Shooting back a queer look, Taleryth shrugs before remarking, "That's funny: a couple of days back the new Steward called me a fussy little man, now I'm a funny one. Back at the Citadel I was Taleryth Lanklimbs, and now it seems my current acting lord and a local midwife are competing to sneer down at me from a height…ah, but perhaps we who wear the chain of service are always apt to be regarded as small…"

Her queries seem to puzzle him, "Of course I am going to sup with the Steward and his Lady, or at least hang about while they eat; I usually dine separately in the Rookery, in point of fact, but what if one of the family were to be taken ill, or, perish the thought, poisoned? My presence is required, while my post lasts…" But his indignant explanation is already trailing away, as he floats a little closer. "Mistress Dorsey, your conversation has always been unconventional, but now it's bordering on vagary…are you…" He's struggling to keep concern wholly separate from his face and posture, "…in health?"

"If I am in health or not in health would you truly care?" Dania asks him. "My dear man, anything that comes out of mouth you will take offense to.

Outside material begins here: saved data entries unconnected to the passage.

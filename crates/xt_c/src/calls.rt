//! Requests to a mount.

ghost use Rattle.std.specs.Prelude.{◌≡◌, ◌==◌, ◌&&◌, Some, None, false, true, length, IfNone, IfSome};
ghost use Rattle.xt_base.specs.Alone.{is_okay};
ghost use Rattle.xt_base.specs.Calls.{asks, is_unmount};
ghost use Rattle.xt_base.specs.Order.{has_size, is_there};
ghost use Rattle.xt_base.specs.declared.steps.Answer.TheVariants as Answered;
ghost use Rattle.xt_c.specs.Calling.{IsAsJudged, IsCalled, Serves, carries, has_room, judged, seen, seen_after, spelled, verdict};
ghost use Rattle.xt_c.specs.Holding.{held};
ghost use Rattle.xt_c.specs.Requests.{answer_of, request_of};
ghost use Rattle.xt_c.specs.Verdicts.{verdict_of};

use crate::handle::Handle;
use crate::replies::{put_content, put_reply};
use crate::requests::{answer_of, request_of};
use crate::status::{refusal, status_of};
use crate::words::{ReplyWords, RequestWords};
use std::alloc::Global;
use xt_base::content::Content;
use xt_base::form::Form;
use xt_base::steps::{Answer, Errno, Reply, Request};
use xt_mount::mount::Mount;

/// What a call returns where the home device must be asked.
pub(crate) const ASKS: i32 = 1;

/// Why a request is not served yet.
enum Unserved {
    /// It, or its answer, is barred.
    Barred(Errno),
    /// The home device must be asked for the block of this number.
    Asks(u64),
}

/// Whether a room is as long as the content that a request may fill it with, of a mount of this form.
fn has_room(form: Form, room: usize, request: &Request) -> bool
    ensures { result ≡ has_room form.size room request.now }
{
    match request {
        Request::View { trans: _, block: _ } => room == form.block_bytes(),
        _ => true,
    }
}

/// Whether a content is as long as a block of a mount of this form.
fn is_whole(form: Form, content: &Content) -> bool
    ensures { result ≡ (length content.now == form.size) }
{
    content.bytes().len() == form.block_bytes()
}

/// Why a request that comes with an answer is not served, if it isn't.
fn why_unserved(mount: &Mount, request: &Request, answer: &Answer, room: usize) -> Option<Unserved>
    ensures served { IfNone result (judged room mount.now request.now answer.now ≡ Serves request.now answer.now) }
    ensures there { IfNone result (is_there (asks request.now mount.now) answer.now ≡ true) }
    ensures size { IfNone result (has_size answer.now (Some mount.now) ≡ true) }
    ensures why { IfSome result (λ why. judged room mount.now request.now answer.now ≡ verdict_of why) }
{
    if !has_room(mount.form(), room, request) {
        return Some(Unserved::Barred(Errno::Invalid));
    }
    match (mount.needs(request), answer) {
        (Some(block), Answer::None) => Some(Unserved::Asks(block.0)),
        (Some(_), Answer::Content(content)) => {
            if is_whole(mount.form(), content) {
                None
            } else {
                Some(Unserved::Barred(Errno::Invalid))
            }
        }
        (None, Answer::Content(_)) | (None, Answer::Failed) => {
            Some(Unserved::Barred(Errno::Invalid))
        }
        _ => None,
    }
}

/// Whether the mount is gone: an unmount was answered ok.
fn is_gone(request: &Request, told: &Reply) -> bool
    ensures { result ≡ (is_unmount request.now && is_okay told.now) }
{
    matches!(request, Request::Unmount) && matches!(told, Reply::Okay)
}

/// What a call returns, and whether its mount is gone.
#[derive(Clone, Copy)]
struct Called {
    status: i32,
    gone: bool,
}

/// A call that leaves the mount.
fn stays(status: i32) -> Called
    ensures { result ≡ record { status = status; gone = false } }
{
    Called {
        status,
        gone: false,
    }
}

/// Serves a request, or says why it isn't.
fn serve(
    mount: &mut Mount,
    request: &Request,
    answer: &Answer,
    reply: &mut ReplyWords,
    room: &mut [u8],
) -> Called
    ensures judged { IsAsJudged (judged (length room.old) mount.old request.now answer.now) result.status (seen_after reply.new room.new result.gone mount.new) (seen_after reply.old room.old false mount.old) }
    ensures slot { mount.new.slot ≡ mount.old.slot }
{
    match answer {
        Answer::None => serve_unanswered(mount, request, reply, room),
        _ => serve_answered(mount, request, answer, reply, room),
    }
}

/// The same with an answer of the home device, where the mount must ask it.
#[inline(never)]
fn serve_answered(
    mount: &mut Mount,
    request: &Request,
    answer: &Answer,
    reply: &mut ReplyWords,
    room: &mut [u8],
) -> Called
    ensures judged { IsAsJudged (judged (length room.old) mount.old request.now answer.now) result.status (seen_after reply.new room.new result.gone mount.new) (seen_after reply.old room.old false mount.old) }
    ensures slot { mount.new.slot ≡ mount.old.slot }
{
    match why_unserved(mount, request, answer, room.len()) {
        Some(Unserved::Barred(errno)) => stays(refusal(errno)),
        Some(Unserved::Asks(block)) => {
            reply.number = block;
            stays(ASKS)
        }
        None => {
            let told = mount.serve(request, answer);
            put_reply(reply, &told);
            put_content(room, &told);
            Called {
                status: status_of(&told),
                gone: is_gone(request, &told),
            }
        }
    }
}

/// The same with no answer: whether the home device must be asked is found as the request is served.
fn serve_unanswered(
    mount: &mut Mount,
    request: &Request,
    reply: &mut ReplyWords,
    room: &mut [u8],
) -> Called
    ensures judged { IsAsJudged (judged (length room.old) mount.old request.now Answered.None) result.status (seen_after reply.new room.new result.gone mount.new) (seen_after reply.old room.old false mount.old) }
    ensures slot { mount.new.slot ≡ mount.old.slot }
{
    if !has_room(mount.form(), room.len(), request) {
        return stays(refusal(Errno::Invalid));
    }
    match mount.try_serve(request) {
        Ok(told) => {
            put_reply(reply, &told);
            put_content(room, &told);
            Called {
                status: status_of(&told),
                gone: is_gone(request, &told),
            }
        }
        Err(block) => {
            reply.number = block.0;
            stays(ASKS)
        }
    }
}

/// Reads the words of a request and of an answer, and serves it.
fn call(
    alloc: Global,
    mount: &mut Mount,
    request: &RequestWords,
    bytes: &[u8],
    answered: u32,
    content: &[u8],
    reply: &mut ReplyWords,
    room: &mut [u8],
) -> Called
    ensures called { IsCalled (carries request.now answered) (spelled (length room.old) mount.old (request_of request.now bytes.now) (answer_of answered content.now)) result.status (seen_after reply.new room.new result.gone mount.new) (seen_after reply.old room.old false mount.old) }
    ensures slot { mount.new.slot ≡ mount.old.slot }
{
    let request = match request_of(alloc, *request, bytes) {
        Ok(request) => request,
        Err(errno) => return stays(refusal(errno)),
    };
    let answer = match answer_of(alloc, answered, content) {
        Ok(answer) => answer,
        Err(errno) => return stays(refusal(errno)),
    };
    serve(mount, &request, &answer, reply, room)
}

/// Serves a request. 0: the reply is written. 1: the home device must be asked for the block that is the reply's number, and the call
/// made again with its answer. Else an errno, negative: with the reply written where the mount refused it, and with nothing changed
/// where the words spell no request, an answer has come that was not asked for, or there was no memory.
#[unsafe(no_mangle)]
pub extern "C" fn refskold_abi_call(
    alloc: Global,
    handle: &mut Handle,
    request: &RequestWords,
    bytes: &[u8],
    answered: u32,
    content: &[u8],
    reply: &mut ReplyWords,
    room: &mut [u8],
) -> i32
    ensures { IsCalled (carries request.now answered) (verdict (length room.old) (held handle.old) (request_of request.now bytes.now) (answer_of answered content.now)) result (seen reply.new room.new (held handle.new)) (seen reply.old room.old (held handle.old)) }
{
    let Some(mut mount) = handle.take(alloc) else {
        return refusal(Errno::NoDevice);
    };
    let called = call(
        alloc, &mut mount, request, bytes, answered, content, reply, room,
    );
    if !called.gone {
        handle.put(mount);
    }
    called.status
}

But you are a funny little man. Many men are smaller than me," she points out. "As for the Rookery, that makes sense to me. I know your office and your station and your learning requires you to keep a distance, but there is no harm in speaking and talking shop so to speak." She smiles as she says this and the weariness is forcefully pushed aside. "They will need your presence, I am certain they will be facing a torrent of issues especially with what I have been hearing with the rumors." She smiles again. "So I will ask again would you like to break bread with me and talk of healing and theory? If not I do understand. But, also showing concern for a patient is not a bad thing, touch is not a bad thing. It brings healing. Holding a hand and offering that much comfort when you can even when there is naught you can do will not harm your standing. It will make it all the better."

"I'm not a brute," Taleryth dissents with a fleeting frown, "and besides, as you must have noticed, I have ample pride in what I try to do. It's a noble calling, and it would be pretty ignoble of me to let you collapse by some noxious riverside, when your symptoms were becoming increasingly manifest - and with you being a healer of sorts yourself, too. I'd never live it down, and some ill natured rumourmonger would probably think to claim I'd been poisoning off the competition. So if you are ailing, mistress, I would rather be told!"

Hearing her out further, he can't seem to resist a quick laugh, but it is soon over in a businesslike way. "I don't know whether I'm going to be touching you all that soon, Mistress Dorsey, unless you confess to needing my help and oblige me to inspect you…and I am bound to return to the Tower forthwith and try and hash together some kind of report on the river-trade. But, in principle, another time, I would enjoy a proper talk by all means, if your wasting disease has not, by then, fully devoured you…contrary to your earlier implication, I do sometimes have a tipple, and can, on high days and holidays, be tracked to the Crane. For now - unless you need my services, of course - I must, however, bid you good day…"

"I will keep in touch with letters then and will see you soon. I need someone to converse with who speaks the same language as I do." Dania says to him as she bows her head. "I have just come from the Roost. It is why I am tired my dear. Go and may the gods bless you if you believe in them." She tells him. "I will see you again." She adds.